TASK INSTRUCTIONS:
From the entries that follow, copy each line in which "skip" appears.

SOURCE INFORMATION:
....
fn main(rt: HostRuntime) -> io::Result<()> {
    let mut t = Tally::default();
    desks(&mut t, Edition::One);
    desks(&mut t, Edition::Two);
    println!(rt; "corrupt desks: {t}")?;
    let mut t = Tally::default();
    tables(&mut t, Edition::One);
    tables(&mut t, Edition::Two);
    println!(rt; "lent tables: {t}")?;
    let mut t = Tally::default();
    other_edition(&mut t, Edition::One, Edition::Two);
    other_edition(&mut t, Edition::Two, Edition::One);
    println!(rt; "the other edition: {t}")?;
    let mut t = Tally::default();
    large_figures(&mut t);
    println!(rt; "large figures: {t}")?;
    let mut t = Tally::default();
    rolls(&mut t);
    println!(rt; "rolls: {t}")?;
    let mut t = Tally::default();
    isolated_depots(&mut t);
    println!(rt; "isolated depots: {t}")
}
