// Runs the two forms on the catalogue of one target ACGTACGT with seeds of three bases, whose index is
// (6,0,0) (6,0,4) (27,0,1) (27,0,5) (44,0,2) (49,0,3).
#![tactic(auto)]

ghost use Rattle.std.specs.Prelude.{◌≡◌, length};

use catalogue::lent::LentCatalogue;
use index_calls::build;
use index_columns::LentIndex;
use index_model::ranked::RankedTargets;
use map_by_index::work::MappingWork;
use map_candidates::cursor::OrientationCursor;
use map_cursor::{Step, advanced};
use record_array::map_array;
use record_copy::SeedPosting;
use test_cases::reading::at_most;
use test_cases::writing::{put, put_number, put_numbers};
use test_map_calls::answered::put_answer;
use test_map_calls::records::records_of;

fn put_step(rt: &impl Print, step: Step) {
    let candidate = step.candidate;
    let cursor = step.cursor;
    let work = step.work;
    if candidate.found {
        put_number(rt, b"found ", candidate.rank as u64);
        put_number(rt, b" ", candidate.start as u64);
    } else {
        put(rt, b"none");
    }
    put_number(rt, b", cursor ", cursor.strand);
    put_number(rt, b" ", cursor.offset as u64);
    put_number(rt, b" ", cursor.next as u64);
    put_number(rt, b" ", cursor.end as u64);
    let counts = [
        work.lookups,
        work.hits,
        work.examined,
        work.comparisons,
        work.seen,
    ];
    put_numbers(rt, b", work", &counts);
}

// Moves a cursor on for a read of n bases, with a seed at an offset and a count of postings examined before.
fn run_cursor(rt: &impl Print, next: usize, end: usize, offset: usize, n: usize, examined: u64) {
    if 6 < end {
        return put(rt, b"long\n");
    }
    if end < next {
        return put(rt, b"short\n");
    }
    let bases = [65u8, 67, 71, 84, 65, 67, 71, 84];
    let ends = [8usize];
    let ranked = [0usize];
    let ranks = [0u64, 0, 0, 0, 0, 0];
    let positions = [0u64, 4, 1, 5, 2, 3];
    let cursor = OrientationCursor {
        strand: 1,
        offset,
        next,
        end,
    };
    let work = MappingWork {
        lookups: 11,
        hits: 12,
        examined,
        comparisons: 13,
        seen: 14,
    };
    let step = advanced(
        cursor,
        work,
        RankedTargets {
            bases: &bases,
            ends: &ends,
            ranked: &ranked,
        },
        &ranks,
        &positions,
        n,
    );
    put_step(rt, step);
}

// The index as records.
fn index() -> [SeedPosting; 256]
    ensures { 256 ≡ length result }
{
    let identifier_ends = [1usize];
    let base_ends = [8usize];
    let mut ks = [0u64; 6];
    let mut rs = [0u64; 6];
    let mut os = [0u64; 6];
    let _ = build(
        &mut ks,
        &mut rs,
        &mut os,
        LentCatalogue {
            identifiers: b"t",
            identifier_ends: &identifier_ends,
            bases: b"ACGTACGT",
            base_ends: &base_ends,
            marks: b"\0",
        },
        3,
    );
    records_of(LentIndex {
        keys: &ks,
        ranks: &rs,
        positions: &os,
    })
}

fn put_columns(rt: &impl Print, index: LentIndex<'_>) {
    put_numbers(rt, b"keys", index.keys);
    put_numbers(rt, b"ranks", index.ranks);
    put_numbers(rt, b"positions", index.positions);
}

// Maps a read with the first n records of the index, and writes the answer and what is left in the buffers.
fn run_lent(
    rt: &impl Print,
    entries: &mut [u64],
    keys: &mut [u64],
    ranks: &mut [u64],
    positions: &mut [u64],
    q: usize,
    n: usize,
    read: &[u8],
) {
    let identifier_ends = [1usize];
    let base_ends = [8usize];
    let answer = map_array(
        entries,
        keys,
        ranks,
        positions,
        index(),
        at_most(n, 256),
        LentCatalogue {
            identifiers: b"t",
            identifier_ends: &identifier_ends,
            bases: b"ACGTACGT",
            base_ends: &base_ends,
            marks: b"\0",
        },
        q,
        read,
        10,
    );
    put_answer(rt, answer, entries);
    put_columns(
        rt,
        LentIndex {
            keys,
            ranks,
            positions,
        },
    );
}

// Lends columns of these lengths that hold sevens.
fn run_records(
    rt: &impl Print,
    q: usize,
    n: usize,
    keys: usize,
    ranks: usize,
    positions: usize,
    read: &[u8],
) {
    let mut entries = [999u64; 20];
    let mut ks = [7u64; 8];
    let mut rs = [7u64; 8];
    let mut os = [7u64; 8];
    let k = at_most(keys, 8);
    let r = at_most(ranks, 8);
    let o = at_most(positions, 8);
    run_lent(
        rt,
        &mut entries,
        &mut ks[0..k],
        &mut rs[0..r],
        &mut os[0..o],
        q,
        n,
        read,
    );
}

// A cursor over the postings of one key, over those of two, and with a count that is full.
fn run_cursors(rt: &impl Print) {
    run_cursor(rt, 0, 2, 0, 3, 0);
    run_cursor(rt, 1, 2, 0, 3, 1);
    run_cursor(rt, 2, 2, 0, 3, 2);
    run_cursor(rt, 1, 2, 0, 5, 1);
    run_cursor(rt, 0, 6, 4, 8, 20);
    run_cursor(rt, 2, 6, 5, 8, 20);
    run_cursor(rt, 0, 6, 0, 9, 18446744073709551613);
    run_cursor(rt, 0, 6, 0, 9, 18446744073709551609);
}

// With room, with just room, without, and refused before and behind it.
fn run_entries(rt: &impl Print) {
    run_records(rt, 3, 6, 8, 8, 8, b"ACG");
    run_records(rt, 3, 6, 6, 7, 8, b"ACG");
    run_records(rt, 3, 6, 5, 8, 8, b"ACG");
    run_records(rt, 3, 6, 8, 5, 8, b"ACG");
    run_records(rt, 3, 6, 8, 8, 5, b"ACG");
    run_records(rt, 0, 6, 5, 5, 5, b"ACG");
    run_records(rt, 3, 5, 8, 8, 8, b"ACG");
    run_records(rt, 3, 7, 8, 8, 8, b"ACG");
    run_records(rt, 2, 6, 8, 8, 8, b"ACG");
    run_records(rt, 3, 6, 8, 8, 8, b"ACN");
    run_records(rt, 3, 6, 8, 8, 8, b"AAA");
}

fn main(rt: HostRuntime) {
    run_cursors(&rt);
    run_entries(&rt);
}
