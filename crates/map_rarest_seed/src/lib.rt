// The rarest seed of a read on a strand: the first offset with fewest postings.
#![tactic(auto)]

ghost use Rattle.std.specs.Prelude.{◌+◌, ◌≤◌};
ghost use Rattle.bases.specs.Read.{oriented};
ghost use Rattle.map_places.specs.Place.{max_read};
ghost use Rattle.map_candidates.specs.Search.{Rarest};
ghost use Rattle.map_rarest_seed.specs.Shown.{ChoiceLent};
ghost use Rattle.map_rarest_seed.specs.Choosing.{Better, Counted};

use bases::base::table;
use index_columns::LentIndex;
use index_lookup::lookup::{NOWHERE, Range, posting_range};
use index_model::ranked::RankedTargets;
use index_seeds::keys::key_at;
use map_places::looking::looks_again;
use showing::shown;

pub mod showing;

// A seed's offset, the places of its postings from start up to end, and the lookups made so far.
#[derive(Clone, Copy)]
pub struct SeedChoice {
    pub offset: usize,
    pub start: usize,
    pub end: usize,
    pub lookups: u64,
}

impl SeedChoice {
    // The rarer of this seed and one more that was looked up; of equals this one.
    fn or(self, offset: usize, range: Range) -> SeedChoice
        requires { (self.start ≤ self.end) × ((range.start ≤ range.end) × (self.lookups + 1 ≤ max_read + 1)) }
        ensures { Better self.offset self.start self.end self.lookups offset range.start range.end result.offset result.start result.end result.lookups }
    {
        let lookups = self.lookups + 1;
        if range.end - range.start < self.end - self.start {
            return SeedChoice {
                offset,
                start: range.start,
                end: range.end,
                lookups,
            };
        }
        SeedChoice {
            offset: self.offset,
            start: self.start,
            end: self.end,
            lookups,
        }
    }

    // This seed, with as many lookups more that need not be made.
    fn counted(self, n: usize) -> SeedChoice
        requires { self.lookups + n ≤ max_read + 1 }
        ensures { Counted self.offset self.start self.end self.lookups n result.offset result.start result.end result.lookups }
    {
        SeedChoice {
            offset: self.offset,
            start: self.start,
            end: self.end,
            lookups: self.lookups + n as u64,
        }
    }
}

// Looks the seeds of a read up, offset by offset, and stops after a lookup that finds none. Offsets that are known to have no fewer
// postings are counted, and not looked up. The first lookup begins near a place that is told.
pub fn rarest_seed(
    targets: RankedTargets<'_, '_>,
    index: LentIndex<'_>,
    q: usize,
    read: &[u8],
    strand: u64,
    near: usize,
) -> SeedChoice
    requires { ChoiceLent q targets.bases.now targets.ends.now targets.ranked.now index.keys.now index.ranks.now index.positions.now read.now }
    ensures { Rarest index.entry.keys.now q (oriented strand read.now) result.offset result.start result.end result.lookups }
{
    let table = table();
    let n = read.len() - q + 1;
    let mut range = posting_range(index.keys, key_at(&table, read, strand, q, 0), near);
    let mut best = SeedChoice {
        offset: 0,
        start: range.start,
        end: range.end,
        lookups: 1,
    };
    let mut look = true;
    let mut o: usize = 0;
    while o + 1 < n {
        if best.start == best.end {
            return best;
        }
        let skip = shown(
            look,
            targets,
            index.ranks,
            index.positions,
            range.start,
            range.end,
            q,
            read,
            strand,
            o,
            n - 1 - o,
        );
        best = best.counted(skip);
        o += skip + 1;
        look = looks_again(skip, o);
        if n <= o {
            return best;
        }
        range = posting_range(index.keys, key_at(&table, read, strand, q, o), NOWHERE);
        best = best.or(o, range);
    }
    best
}
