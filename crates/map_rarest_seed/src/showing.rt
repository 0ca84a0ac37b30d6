// How many offsets behind a seed have no fewer postings, as far as its own postings show.
ghost use Rattle.bases.specs.Read.{oriented};
ghost use Rattle.index_model.specs.Index.{sequences_in};
ghost use Rattle.map_rarest_seed.specs.Shown.{PostingLent, Behind, ShowLent, Shown};

use buffers::least;
use index_lookup::read::{posting_position, posting_rank};
use index_model::ranked::{RankedTargets, ranked_sequence};
use map_places::agreeing::agreement;

// The most postings, and the most bases behind each, that are looked at: no more than a lookup costs.
const MOST_POSTINGS: usize = 32;

const MOST_BASES: usize = 128;

// How many bases behind a posting agree with those behind the seed at offset o, up to a bound and to the target's last base.
fn behind_posting(
    targets: RankedTargets<'_, '_>,
    rank: usize,
    position: usize,
    q: usize,
    read: &[u8],
    strand: u64,
    o: usize,
    most: usize,
) -> usize
    requires { PostingLent targets.bases.now targets.ends.now targets.ranked.now rank position q read.now o most }
    ensures { Behind q (sequences_in targets.entry) rank position (oriented strand read.now) o most result }
{
    let sequence = ranked_sequence(targets, rank);
    let at = position + q;
    let room = least(most, sequence.len() - at);
    agreement(sequence, at, read, strand, o + q, room)
}

// How many bases agree behind each posting from start up to end.
fn behind_all(
    targets: RankedTargets<'_, '_>,
    ranks: &[u64],
    positions: &[u64],
    start: usize,
    end: usize,
    q: usize,
    read: &[u8],
    strand: u64,
    o: usize,
    most: usize,
) -> usize
    requires { ShowLent q targets.bases.now targets.ends.now targets.ranked.now ranks.now positions.now read.now o start end most }
    ensures { Shown q (sequences_in targets.entry) ranks.now positions.now (oriented strand read.now) o start end most result }
{
    let mut left = most;
    for i in start..end {
        if left == 0 {
            return 0;
        }
        let rank = posting_rank(ranks, i);
        let position = posting_position(positions, i);
        left = behind_posting(targets, rank, position, q, read, strand, o, left);
    }
    left
}

// How many of the `most` offsets behind offset o are known to have no fewer postings than the seed there; none if nobody looks.
pub fn shown(
    look: bool,
    targets: RankedTargets<'_, '_>,
    ranks: &[u64],
    positions: &[u64],
    start: usize,
    end: usize,
    q: usize,
    read: &[u8],
    strand: u64,
    o: usize,
    most: usize,
) -> usize
    requires { ShowLent q targets.bases.now targets.ends.now targets.ranked.now ranks.now positions.now read.now o start end most }
    ensures { Shown q (sequences_in targets.entry) ranks.now positions.now (oriented strand read.now) o start end most result }
{
    if !look || MOST_POSTINGS < end - start {
        return 0;
    }
    let bound = least(most, MOST_BASES);
    behind_all(
        targets, ranks, positions, start, end, q, read, strand, o, bound,
    )
}
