impl<N: StoreNaming, T: Invariants> Model for CoreSeat<N, T> {
    ghost use Rattle.std.specs.Prelude.{◌≡◌};
    ghost use Rattle.tmem_core.specs.Held.{is_shut_of};
    ghost use Rattle.tmem_seats.specs.Seats.{CoreSeatView, IsCoreOf};

    ghost Value = { CoreSeatView };

    ghost view = { λ s. record { committed = s.side.committed; trimmed = s.side.trimmed; given = s.side.given; is_shut = is_shut_of s.core; is_draining = s.is_draining; failure = s.failure } };

    ghost invariant = { λ s. IsCoreOf N.name.start N.opening N.program s.core s.side };
}

impl<N: StoreNaming, T: Invariants + Drop> CoreSeat<N, T> {
    /// A core that has committed nothing yet, beside its seat.
    pub fn new(core: Core<T>, side: CoreSide<N>) -> CoreSeat<N, T>
        requires opening { (core_state core ≡ N.opening) × (N.opening.count ≡ N.name.start) }
        requires fresh { (waiting_of core ≡ []) × (durable_of core ≡ N.name.start) × (side ≡ new_core N.name.start) }
        requires program { IsProgramOf T.Invariants (core_table core) N.program }
        ensures { (result.committed ≡ []) × (result.trimmed ≡ N.name.start) × (result.given ≡ 0) × (result.is_shut ≡ is_shut_of core) × (result.is_draining ≡ false) × (result.failure ≡ Failure.None) }
    {
        let (tries, is_draining, failure) = (0, false, Failure::None);
        CoreSeat {
            core,
            side,
            tries,
            is_draining,
            failure,
            sleepers: Sleepers::new(),
            is_flusher_asleep: false,
        }
    }

    /// Settles an attempt for a pass. The core first learns how many are durable, at least as many as the pass saw, and
    /// then answers by its present state. The answer leaves out the registers, which are those of the attempt. What commits
    /// is committed under the mark of the pass, which has it as its own. The pass knows all that is committed then.
    pub fn decide(
        &mut self,
        spine: &Spine<N>,
        pass: &mut PassSide<N>,
        attempt: &Attempt,
    ) -> Result<Decision, Fault>
        requires variables { IsForVariables (length N.opening.values) attempt.now }
        requires names { IsForNames N.program.names attempt.now }
        ensures decided { Decides N.name.start N.opening N.program attempt.now self.old pass.old (answer_of result attempt.now.registers) self.new pass.new }
        ensures retries { RetriesAt (count N.name.start self.old.committed) result }
    {
        let durable = spine.trim(&mut self.side, pass);
        self.core.learn_durable(durable);
        let decision = self.core.decide(attempt);
        enter(spine, &mut self.side, pass, &decision, attempt);
        decision
    }

    /// Settles an attempt as `decide` does, and answers with its registers.
    pub fn settle(
        &mut self,
        spine: &Spine<N>,
        pass: &mut PassSide<N>,
        attempt: &Attempt,
    ) -> Result<Settled, Fault>
        requires variables { IsForVariables (length N.opening.values) attempt.now }
        requires names { IsForNames N.program.names attempt.now }
        ensures { Decides N.name.start N.opening N.program attempt.now self.old pass.old result self.new pass.new }
    {
        let decision = self.decide(spine, pass, attempt);
        with_registers(decision, attempt)
    }

    /// Gives out a pass that knows nothing yet, under the mark that is next. Refused with `NoSeat` exactly where as
    /// many were given out as a spine has.
    pub fn pass(&mut self, spine: &Spine<N>) -> Result<PassSide<N>, Fault>
        ensures pass { IfOk result (λ pass. pass ≡ new_pass self.old.given) }
        ensures given { IfOk result (λ _. (self.old.given < MOST_PASSES) × (self.new ≡ record self.old { given = self.old.given + 1 })) }
        ensures none { IfErr result (λ fault. (fault ≡ Fault.NoSeat) × (self.old.given ≡ MOST_PASSES) × (self.new ≡ self.old)) }
    {
        spine.pass(&mut self.side).ok_or(Fault::NoSeat)
    }

    /// How many passes were given out.
    pub fn given(&self) -> u64
        ensures { result ≡ self.now.given }
    {
        self.side.given()
    }

    /// A pass knows all that is committed then, and the core learns how many are durable. Answers how many are committed.
    pub fn meet(&mut self, spine: &Spine<N>, seat: &mut PassSide<N>) -> u64
        ensures count { result ≡ count N.name.start self.new.committed }
        ensures core { self.new ≡ record self.old { trimmed = self.new.trimmed } }
        ensures trimmed { (self.old.trimmed ≤ self.new.trimmed) × (count N.name.start seat.old.seen ≤ self.new.trimmed) }
        ensures pass { seat.new ≡ record seat.old { known = self.new.committed } }
        ensures begins { IsPrefix seat.old.known self.new.committed }
    {
        let durable = spine.trim(&mut self.side, seat);
        self.core.learn_durable(durable);
        spine.meet_core(&mut self.side, seat);
        self.count()
    }

    /// Whether an invariant of this name is registered.
    pub fn has(&self, name: &Name) -> bool
        ensures { result ≡ has_name (state_after_history N.opening self.now.committed).names name.now }
    {
        self.core.has(name)
    }

    /// The present value of a variable.
    pub fn peek(&self, var: u16) -> i64
        requires { var < length N.opening.values }
        ensures value { slice_get (state_after_history N.opening self.now.committed).values var ≡ Some result }
        ensures sound { IsSoundState N.program (state_after_history N.opening self.now.committed) }
    {
        self.core.peek(var)
    }

    /// Whether an invariant holds on these values, which a transaction sees at its point, by what the program's names mean.
    pub fn probe(&self, probe: &Probe) -> bool
        requires named { has_name N.program.names probe.now.name ≡ true }
        requires filled { length probe.now.values ≡ length (N.program.tests.footprint probe.now.name) }
        ensures { result ≡ N.program.tests.test probe.now.name probe.now.values }
    {
        self.core.probe(probe)
    }

    /// Pushes the present values of variables, in their order. Refused by `Memory`.
    pub fn peek_all(&self, vars: &[u16], values: &mut Vec<i64>) -> Result<(), Fault>
        requires { All (λ var. var < length N.opening.values) vars.now }
        ensures values { OnOk result (map (λ n. Some n) values.new.items ≡ map (λ n. Some n) values.old.items ++ map (λ var. slice_get (state_after_history N.opening self.now.committed).values var) vars.now) }
        ensures refused { IfErr result (λ fault. fault ≡ Fault.Memory) }
    {
        for var in vars {
            values.push(self.peek(*var))?;
        }
        Ok(())
    }

    /// Takes the oldest effects that wait into a batch, as long as any other would still fit, and the journal beside
    /// the core aims at them. The core learns how many are durable.
    pub fn take(&mut self, spine: &Spine<N>, journal: &mut JournalSide<N>, batch: &mut Batch)
        ensures core { self.new ≡ record self.old { trimmed = count N.name.start journal.old.durable } }
        ensures durable { journal.new.durable ≡ journal.old.durable }
        ensures goes_on { BatchGoesOn N.name.start N.opening journal.old.durable batch.new journal.new.aimed }
        ensures oldest { TakesOldest self.old.committed journal.old.durable batch.new journal.new.aimed }
    {
        let durable = spine.trim_beside(&mut self.side, journal);
        self.core.learn_durable(durable);
        self.core.take(durable, batch);
        spine.aim(&mut self.side, journal, durable + batch.len() as u64);
    }

    /// Learns how many are durable from the journal beside it.
    pub fn learn(&mut self, spine: &Spine<N>, journal: &mut JournalSide<N>)
        ensures core { self.new ≡ record self.old { trimmed = count N.name.start journal.old.durable } }
        ensures journal { journal.new ≡ journal.old }
    {
        let known = spine.trim_beside(&mut self.side, journal);
        self.core.learn_durable(known);
    }

    /// How many transactions are committed.
    fn count(&self) -> u64
        ensures { result ≡ count N.name.start self.now.committed }
    {
        self.core.count()
    }

    /// How many of them are known durable.
    fn durable(&self) -> u64
        ensures { result ≡ self.now.trimmed }
    {
        self.core.durable()
    }

    /// Whether some of them are not known durable.
    pub fn has_waiting(&self) -> bool
        ensures { IsTrue result ↔ (self.now.trimmed < count N.name.start self.now.committed) }
    {
        self.durable() < self.count()
    }

    /// Whether as many are not known durable as a batch has records at most.
    pub fn has_batch(&self) -> bool
        ensures { IsTrue result ↔ (self.now.trimmed + MAX_RECORDS ≤ count N.name.start self.now.committed) }
    {
        self.count().saturating_sub(self.durable()) >= MAX_RECORDS as u64
    }

    /// Whether it was shut.
    pub fn is_shut(&self) -> bool
        ensures { result ≡ self.now.is_shut }
    {
        self.core.is_shut()
    }

    /// Whether more than so many are committed, or it was shut: what a transaction waits for that retried. The try is counted.
    pub fn has_more(&mut self, at: u64) -> bool
        ensures more { IsTrue result ↔ HasMoreOrShut N.name.start at self.new }
        ensures same { self.new ≡ self.old }
    {
        self.tries = self.tries.wrapping_add(1);
        at < self.count() || self.is_shut()
    }

    /// Whether more than so many are known durable, or it was shut and no flush is to come: what a call waits for that awaits a flush.
    /// The try is counted.
    pub fn has_flushed(&mut self, number: u64) -> bool
        ensures more { IsTrue result ↔ HasFlushedOrEnded number self.new }
        ensures same { self.new ≡ self.old }
    {
        self.tries = self.tries.wrapping_add(1);
        number < self.durable() || self.is_shut() && !self.is_draining
    }

    /// Whether fewer wait to be durable than may, or it was shut: what a transaction waits for that found no room. The try is counted.
    pub fn has_room(&mut self) -> bool
        ensures room { IsTrue result ↔ HasRoomOrShut N.name.start self.new }
        ensures same { self.new ≡ self.old }
    {
        self.tries = self.tries.wrapping_add(1);
        self.count().saturating_sub(self.durable()) < MAX_WAITING as u64 || self.is_shut()
    }

    /// Whether some are not known durable, or it was shut: what a flusher waits for. The try is counted.
    pub fn has_work(&mut self) -> bool
        ensures more { IsTrue result ↔ HasWorkOrShut N.name.start self.new }
        ensures same { self.new ≡ self.old }
    {
        self.tries = self.tries.wrapping_add(1);
        self.has_waiting() || self.is_shut()
    }

    /// The pass of this number sleeps until a commit may have written a variable that it has read.
    pub fn sleep(&mut self, number: u64, reads: &Reads)
        ensures { self.new ≡ self.old }
    {
        self.sleepers.sleep(number, reads);
    }

    /// The passes that sleep and have read a variable that the effect writes, by number: the bit of each. They sleep no more.
    pub fn wake(&mut self, effect: &Effect) -> u32
        ensures { self.new ≡ self.old }
    {
        self.sleepers.wake(effect)
    }

    /// A flusher sleeps until something is committed.
    pub fn rest(&mut self)
        ensures { self.new ≡ self.old }
    {
        self.is_flusher_asleep = true;
    }

    /// Whether a flusher sleeps. Whoever asks wakes each, so none sleeps any more.
    pub fn rouse(&mut self) -> bool
        ensures { self.new ≡ self.old }
    {
        let is_asleep = self.is_flusher_asleep;
        self.is_flusher_asleep = false;
        is_asleep
    }

    /// How often whoever waits has tried what it waits for.
    pub fn tries(&self) -> u64 {
        self.tries
    }

    /// Later attempts are refused as `Closed`, and no flush is awaited any more.
    pub fn shut(&mut self)
        ensures { self.new ≡ record self.old { is_shut = true; is_draining = false } }
    {
        self.core.shut();
        self.is_draining = false;
    }

    /// Later attempts are refused as `Closed`. What waits is to be flushed, and is awaited until `shut`. Where it was shut before, that
    /// ended the waits, and they do not begin again.
    pub fn drain(&mut self)
        ensures open { self.old.is_shut ≡ false → self.new ≡ record self.old { is_shut = true; is_draining = true } }
        ensures shut { self.old.is_shut ≡ true → self.new ≡ self.old }
    {
        if self.is_shut() {
            return;
        }
        self.shut();
        self.is_draining = true;
    }

    /// The device has failed, so nothing is settled or flushed any more. The first failure is kept.
    pub fn fail(&mut self, failure: Failure)
        ensures { self.new ≡ record self.old { is_shut = true; is_draining = false; failure = first_failure self.old.failure failure } }
    {
        self.shut();
        if matches!(self.failure, Failure::None) {
            self.failure = failure;
        }
    }

    /// How the device failed first, if it did.
    pub fn failure(&self) -> Failure
        ensures { result ≡ self.now.failure }
    {
        self.failure
    }
}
....
ANSWER TO THE PROBLEM:
        let skip = shown(
        best = best.counted(skip);
        o += skip + 1;
        look = looks_again(skip, o);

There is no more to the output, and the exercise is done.